Material provided Block Start
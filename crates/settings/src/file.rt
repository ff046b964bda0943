ghost use Rattle.std.specs.Prelude.{◌≡◌, ℕ, ◌*◌, ◌≤◌, List, length, Some, sum, Option};
ghost use Rattle.settings.specs.First.{Least, Holds};
ghost use Rattle.settings.specs.Layout.{Distinct};
ghost use Rattle.settings.specs.Keys.{Takes};
ghost use Rattle.settings.specs.Walks.{keys_left, settings_left, settings_of};
ghost use Rattle.settings.specs.Reading.{given, CutInto, Read, KeyAt, Only, value_at, AllTaken};

use crate::MOST_SETTINGS;
use crate::error::SettingsError;
use crate::iter::{Iter, double_of};
use crate::keys::{Keys, first_repeated};
use crate::naming::{Identifier, is_taken, takes};

// A settings file that was read, as parts of its bytes.
// No model: it is `Copy`, and lists of settings do not give its parts back.
#[derive(Clone, Copy)]
pub struct Settings<'f> {
    keys: Keys<'f>,
    values: &'f [[u8; 8]],
}

impl<'f> Settings<'f> {
    // The settings of a file in which no key is repeated.
    pub fn read(file: &'f [u8]) -> Result<Settings<'f>, SettingsError>
        ensures { Read file.now result }
    {
        let settings = Settings::cut(file).ok_or(SettingsError::Malformed)?;
        match first_repeated(settings.keys) {
            Some(key) => Err(SettingsError::RepeatedKey { key }),
            None => Ok(settings),
        }
    }

    // The parts of a file that is neither short, long nor over its limit.
    fn cut(file: &'f [u8]) -> Option<Settings<'f>>
        ensures { CutInto file.now result }
    {
        let (head, rest) = file.split_first_chunk()?;
        let count = usize::from(u16::from_le_bytes(*head));
        if count > MOST_SETTINGS {
            return None;
        }
        let (lengths, rest) = rest.split_at_checked(count)?;
        let (bytes, rest) = rest.split_at_checked(total(lengths))?;
        if rest.len() != 8 * count {
            return None;
        }
        let (values, _) = rest.as_chunks();
        Some(Settings {
            keys: Keys { lengths, bytes },
            values,
        })
    }

    // The number of keys.
    pub fn len(&self) -> usize
        ensures { result ≡ length (given self.now).keys }
    {
        self.keys.lengths.len()
    }

    // The keys, in order.
    pub fn keys(&self) -> Keys<'f>
        ensures { keys_left result ≡ (given self.now).keys }
    {
        self.keys
    }

    // The key at `i`.
    pub fn key(&self, i: usize) -> Option<&'f [u8]>
        ensures { KeyAt (given self.now).keys i result }
    {
        self.keys().nth(i)
    }

    // The value beside the key at `i`.
    pub fn value(&self, i: usize) -> Option<f64>
        ensures { result ≡ value_at (given self.now) (Some i) }
    {
        self.values.get(i).map(double_of)
    }

    // The settings, in order.
    pub fn iter(&self) -> Iter<'f>
        ensures { settings_left result ≡ settings_of (given self.now) }
    {
        Iter {
            keys: self.keys,
            values: self.values,
        }
    }

    // The key that an override takes.
    // From the front: a map would need memory, and this call cannot fail.
    pub fn find(&self, who: Identifier<'_>) -> Option<usize>
        ensures first { Least (Holds (Takes who.entry) (given self.now).keys) result }
        ensures only { Distinct (given self.now).keys → Only (Holds (Takes who.entry) (given self.now).keys) result }
    {
        self.keys().position(|key| takes(who, key))
    }

    // The value beside the key that an override takes.
    pub fn value_for(&self, who: Identifier<'_>) -> Option<f64>
        ensures { (k : Option ℕ) × Least (Holds (Takes who.entry) (given self.now).keys) k × (result ≡ value_at (given self.now) k) }
    {
        self.value(self.find(who)?)
    }

    // Accepts if some override takes each key, and refuses with the first key that none takes.
    pub fn every_key_taken(&self, overrides: &[Identifier<'_>]) -> Result<(), SettingsError>
        ensures { AllTaken (given self.now).keys overrides.now result }
    {
        match self.keys().position(|key| !is_taken(key, overrides)) {
            Some(key) => Err(SettingsError::NotFound { key }),
            None => Ok(()),
        }
    }
}

// The number of bytes of keys with these lengths.
fn total(lengths: &[u8]) -> usize
    requires { length lengths.now ≤ 4096 }
    ensures { result ≡ sum lengths.now }
{
    lengths.iter().map(|length| usize::from(*length)).sum()
}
Material provided Block End
Find the lines above that hold "Rattle", then copy each of them.

• [Exercise answer]:
ghost use Rattle.std.specs.Prelude.{◌≡◌, ℕ, ◌*◌, ◌≤◌, List, length, Some, sum, Option};
ghost use Rattle.settings.specs.First.{Least, Holds};
ghost use Rattle.settings.specs.Layout.{Distinct};
ghost use Rattle.settings.specs.Keys.{Takes};
ghost use Rattle.settings.specs.Walks.{keys_left, settings_left, settings_of};
ghost use Rattle.settings.specs.Reading.{given, CutInto, Read, KeyAt, Only, value_at, AllTaken};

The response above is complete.